- _Problem description_:
Below are the entries; give again exactly the lines from the one mentioning "use std::thread::Threads;" through the one mentioning "const SESSIONS: &str", inclusive.

(Extracted data)

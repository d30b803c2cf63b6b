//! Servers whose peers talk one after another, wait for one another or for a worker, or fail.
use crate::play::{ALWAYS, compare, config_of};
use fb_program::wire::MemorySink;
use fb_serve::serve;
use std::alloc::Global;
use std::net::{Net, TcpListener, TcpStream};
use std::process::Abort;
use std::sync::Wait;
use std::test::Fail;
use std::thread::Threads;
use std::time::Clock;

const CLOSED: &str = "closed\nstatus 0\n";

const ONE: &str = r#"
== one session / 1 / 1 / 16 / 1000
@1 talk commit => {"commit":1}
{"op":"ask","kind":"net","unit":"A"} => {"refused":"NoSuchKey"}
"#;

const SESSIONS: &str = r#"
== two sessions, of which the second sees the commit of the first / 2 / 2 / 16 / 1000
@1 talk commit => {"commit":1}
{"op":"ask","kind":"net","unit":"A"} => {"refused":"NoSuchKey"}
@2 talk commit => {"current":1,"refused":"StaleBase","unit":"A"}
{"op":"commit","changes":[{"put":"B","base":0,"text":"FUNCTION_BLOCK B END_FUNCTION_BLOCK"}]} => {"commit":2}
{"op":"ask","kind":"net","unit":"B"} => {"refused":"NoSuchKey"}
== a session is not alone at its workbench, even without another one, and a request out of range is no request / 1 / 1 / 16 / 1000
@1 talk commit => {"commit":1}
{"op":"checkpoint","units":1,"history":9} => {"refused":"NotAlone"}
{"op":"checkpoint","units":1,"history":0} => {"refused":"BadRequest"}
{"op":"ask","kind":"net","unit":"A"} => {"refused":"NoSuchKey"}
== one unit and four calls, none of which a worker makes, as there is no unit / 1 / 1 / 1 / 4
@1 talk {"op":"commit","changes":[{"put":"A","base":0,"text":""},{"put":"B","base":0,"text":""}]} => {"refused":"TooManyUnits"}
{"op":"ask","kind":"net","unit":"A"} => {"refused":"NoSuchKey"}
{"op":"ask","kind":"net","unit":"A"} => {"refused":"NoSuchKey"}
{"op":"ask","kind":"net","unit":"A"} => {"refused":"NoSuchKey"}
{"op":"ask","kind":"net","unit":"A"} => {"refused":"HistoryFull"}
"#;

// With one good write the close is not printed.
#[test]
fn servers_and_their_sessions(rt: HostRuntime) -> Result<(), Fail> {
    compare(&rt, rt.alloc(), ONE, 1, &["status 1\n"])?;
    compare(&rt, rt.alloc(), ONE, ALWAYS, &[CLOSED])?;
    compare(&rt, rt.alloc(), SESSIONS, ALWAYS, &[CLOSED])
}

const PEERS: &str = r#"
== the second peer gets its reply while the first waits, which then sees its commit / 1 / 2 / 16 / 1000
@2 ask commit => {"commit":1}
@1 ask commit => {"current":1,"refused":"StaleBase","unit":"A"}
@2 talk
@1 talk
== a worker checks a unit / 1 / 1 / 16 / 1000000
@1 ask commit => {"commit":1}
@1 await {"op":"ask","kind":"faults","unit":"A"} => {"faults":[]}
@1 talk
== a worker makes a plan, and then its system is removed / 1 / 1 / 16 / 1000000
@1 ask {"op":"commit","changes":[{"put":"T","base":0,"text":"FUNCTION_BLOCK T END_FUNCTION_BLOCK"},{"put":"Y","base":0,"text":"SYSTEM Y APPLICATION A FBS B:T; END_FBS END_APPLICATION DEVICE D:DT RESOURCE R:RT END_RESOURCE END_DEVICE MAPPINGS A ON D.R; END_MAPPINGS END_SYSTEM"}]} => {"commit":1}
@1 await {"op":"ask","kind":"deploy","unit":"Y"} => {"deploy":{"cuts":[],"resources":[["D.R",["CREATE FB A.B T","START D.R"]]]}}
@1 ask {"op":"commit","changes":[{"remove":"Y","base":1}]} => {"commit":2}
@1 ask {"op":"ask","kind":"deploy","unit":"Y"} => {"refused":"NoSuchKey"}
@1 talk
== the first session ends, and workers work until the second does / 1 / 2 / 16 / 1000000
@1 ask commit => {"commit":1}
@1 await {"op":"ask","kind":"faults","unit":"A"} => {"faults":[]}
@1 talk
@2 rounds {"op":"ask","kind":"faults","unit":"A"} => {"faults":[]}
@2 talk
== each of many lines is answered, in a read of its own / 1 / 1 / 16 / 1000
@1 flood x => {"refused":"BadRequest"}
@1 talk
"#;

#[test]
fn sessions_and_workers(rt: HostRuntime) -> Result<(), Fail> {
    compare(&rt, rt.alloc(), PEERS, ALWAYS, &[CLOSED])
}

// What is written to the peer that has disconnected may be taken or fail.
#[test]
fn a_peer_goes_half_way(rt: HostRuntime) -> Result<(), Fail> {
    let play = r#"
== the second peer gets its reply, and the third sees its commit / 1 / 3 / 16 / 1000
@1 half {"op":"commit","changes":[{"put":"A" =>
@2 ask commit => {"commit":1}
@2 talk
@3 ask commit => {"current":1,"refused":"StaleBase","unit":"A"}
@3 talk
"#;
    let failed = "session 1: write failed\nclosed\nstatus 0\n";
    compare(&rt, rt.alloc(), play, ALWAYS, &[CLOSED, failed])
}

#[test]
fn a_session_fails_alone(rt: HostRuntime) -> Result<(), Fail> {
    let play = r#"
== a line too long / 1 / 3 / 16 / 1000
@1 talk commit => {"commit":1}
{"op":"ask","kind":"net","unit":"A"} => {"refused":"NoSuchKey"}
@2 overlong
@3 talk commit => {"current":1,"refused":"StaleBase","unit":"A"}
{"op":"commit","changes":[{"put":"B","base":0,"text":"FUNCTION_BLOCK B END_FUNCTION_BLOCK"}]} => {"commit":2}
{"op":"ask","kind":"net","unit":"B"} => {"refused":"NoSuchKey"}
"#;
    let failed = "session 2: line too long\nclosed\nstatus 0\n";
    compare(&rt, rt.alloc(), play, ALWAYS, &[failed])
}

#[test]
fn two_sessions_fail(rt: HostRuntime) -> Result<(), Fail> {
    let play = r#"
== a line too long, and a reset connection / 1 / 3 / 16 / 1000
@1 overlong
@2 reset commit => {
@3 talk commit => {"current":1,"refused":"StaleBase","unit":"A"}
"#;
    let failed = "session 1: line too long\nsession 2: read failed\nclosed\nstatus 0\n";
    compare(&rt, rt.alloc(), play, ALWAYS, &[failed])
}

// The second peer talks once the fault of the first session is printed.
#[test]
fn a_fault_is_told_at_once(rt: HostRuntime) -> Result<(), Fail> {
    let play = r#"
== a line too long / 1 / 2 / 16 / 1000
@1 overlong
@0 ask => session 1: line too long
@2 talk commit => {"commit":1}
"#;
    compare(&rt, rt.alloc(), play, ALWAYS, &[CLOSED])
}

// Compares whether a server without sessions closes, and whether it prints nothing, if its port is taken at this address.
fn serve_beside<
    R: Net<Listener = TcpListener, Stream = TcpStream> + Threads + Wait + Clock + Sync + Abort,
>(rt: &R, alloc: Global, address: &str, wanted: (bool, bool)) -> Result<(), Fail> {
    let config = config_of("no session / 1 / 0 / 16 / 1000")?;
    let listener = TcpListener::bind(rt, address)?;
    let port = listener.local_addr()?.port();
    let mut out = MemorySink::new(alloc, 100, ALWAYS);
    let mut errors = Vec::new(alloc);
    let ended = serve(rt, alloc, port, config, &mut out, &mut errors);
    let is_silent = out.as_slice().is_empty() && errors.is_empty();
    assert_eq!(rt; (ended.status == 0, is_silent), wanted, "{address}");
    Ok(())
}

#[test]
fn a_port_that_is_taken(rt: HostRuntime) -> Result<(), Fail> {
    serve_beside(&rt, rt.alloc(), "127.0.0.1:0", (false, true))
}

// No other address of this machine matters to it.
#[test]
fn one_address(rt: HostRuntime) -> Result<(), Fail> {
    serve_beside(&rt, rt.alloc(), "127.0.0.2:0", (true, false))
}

(End Extracted data)
(Extracted data)

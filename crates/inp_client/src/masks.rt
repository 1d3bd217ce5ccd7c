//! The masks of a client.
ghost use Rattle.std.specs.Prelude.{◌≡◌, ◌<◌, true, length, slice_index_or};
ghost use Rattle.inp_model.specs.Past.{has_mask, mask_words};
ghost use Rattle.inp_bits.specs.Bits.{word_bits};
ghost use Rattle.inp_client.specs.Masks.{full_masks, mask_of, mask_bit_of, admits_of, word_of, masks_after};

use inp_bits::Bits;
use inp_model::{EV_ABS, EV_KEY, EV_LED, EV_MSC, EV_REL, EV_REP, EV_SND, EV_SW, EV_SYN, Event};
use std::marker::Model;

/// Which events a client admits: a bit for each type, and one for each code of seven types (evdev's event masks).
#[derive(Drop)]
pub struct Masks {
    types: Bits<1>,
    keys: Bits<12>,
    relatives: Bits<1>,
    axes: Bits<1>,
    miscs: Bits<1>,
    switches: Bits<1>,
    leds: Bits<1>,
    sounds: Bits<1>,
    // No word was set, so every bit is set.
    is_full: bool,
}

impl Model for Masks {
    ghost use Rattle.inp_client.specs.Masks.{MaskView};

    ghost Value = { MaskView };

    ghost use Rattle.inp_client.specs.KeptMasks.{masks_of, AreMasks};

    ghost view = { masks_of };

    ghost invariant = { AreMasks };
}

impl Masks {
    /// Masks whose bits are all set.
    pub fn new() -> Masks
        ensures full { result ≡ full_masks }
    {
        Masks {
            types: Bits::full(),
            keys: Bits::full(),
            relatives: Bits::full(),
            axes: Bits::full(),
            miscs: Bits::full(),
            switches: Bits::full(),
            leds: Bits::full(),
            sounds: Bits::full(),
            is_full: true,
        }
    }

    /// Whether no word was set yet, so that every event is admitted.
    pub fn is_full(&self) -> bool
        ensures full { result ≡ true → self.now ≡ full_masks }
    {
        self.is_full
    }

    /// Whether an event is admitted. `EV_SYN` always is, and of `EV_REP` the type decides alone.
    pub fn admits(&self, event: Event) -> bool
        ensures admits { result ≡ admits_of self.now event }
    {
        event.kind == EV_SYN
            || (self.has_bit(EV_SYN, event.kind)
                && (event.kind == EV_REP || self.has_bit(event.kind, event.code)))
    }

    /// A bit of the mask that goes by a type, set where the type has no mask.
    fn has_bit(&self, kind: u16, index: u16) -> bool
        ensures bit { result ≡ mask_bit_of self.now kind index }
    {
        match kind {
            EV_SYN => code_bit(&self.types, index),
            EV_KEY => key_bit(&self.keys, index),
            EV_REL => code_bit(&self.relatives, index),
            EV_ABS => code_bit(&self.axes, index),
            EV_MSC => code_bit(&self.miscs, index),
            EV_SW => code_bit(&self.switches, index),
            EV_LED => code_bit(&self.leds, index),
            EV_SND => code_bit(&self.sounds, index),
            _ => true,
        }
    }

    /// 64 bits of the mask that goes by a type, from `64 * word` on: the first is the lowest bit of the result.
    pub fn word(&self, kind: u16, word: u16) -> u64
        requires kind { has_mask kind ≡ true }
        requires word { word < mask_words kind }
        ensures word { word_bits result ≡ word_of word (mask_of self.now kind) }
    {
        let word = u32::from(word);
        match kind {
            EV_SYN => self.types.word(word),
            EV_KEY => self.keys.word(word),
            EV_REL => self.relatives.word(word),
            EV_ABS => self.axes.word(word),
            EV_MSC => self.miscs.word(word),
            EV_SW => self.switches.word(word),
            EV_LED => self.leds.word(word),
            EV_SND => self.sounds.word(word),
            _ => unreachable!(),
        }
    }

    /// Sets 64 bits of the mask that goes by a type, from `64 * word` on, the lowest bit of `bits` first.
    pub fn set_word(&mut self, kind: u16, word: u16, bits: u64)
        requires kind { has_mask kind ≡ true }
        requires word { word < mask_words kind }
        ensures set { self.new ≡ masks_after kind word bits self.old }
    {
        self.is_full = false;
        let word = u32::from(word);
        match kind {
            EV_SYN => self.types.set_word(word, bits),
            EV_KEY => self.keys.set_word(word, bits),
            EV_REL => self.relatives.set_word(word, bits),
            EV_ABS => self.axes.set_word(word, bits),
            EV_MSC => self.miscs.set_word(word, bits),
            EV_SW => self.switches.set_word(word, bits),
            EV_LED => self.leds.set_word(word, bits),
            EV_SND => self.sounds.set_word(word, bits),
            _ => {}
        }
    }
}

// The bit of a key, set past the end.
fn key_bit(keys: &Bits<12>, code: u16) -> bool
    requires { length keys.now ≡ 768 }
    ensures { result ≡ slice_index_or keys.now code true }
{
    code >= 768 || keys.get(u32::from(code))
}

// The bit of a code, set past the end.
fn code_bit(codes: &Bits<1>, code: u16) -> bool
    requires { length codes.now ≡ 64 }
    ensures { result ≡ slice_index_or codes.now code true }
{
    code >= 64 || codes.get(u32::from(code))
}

(End Extracted data)

- _Completed exercise_:
use std::thread::Threads;
use std::time::Clock;

const CLOSED: &str = "closed\nstatus 0\n";

const ONE: &str = r#"
== one session / 1 / 1 / 16 / 1000
@1 talk commit => {"commit":1}
{"op":"ask","kind":"net","unit":"A"} => {"refused":"NoSuchKey"}
"#;

const SESSIONS: &str = r#"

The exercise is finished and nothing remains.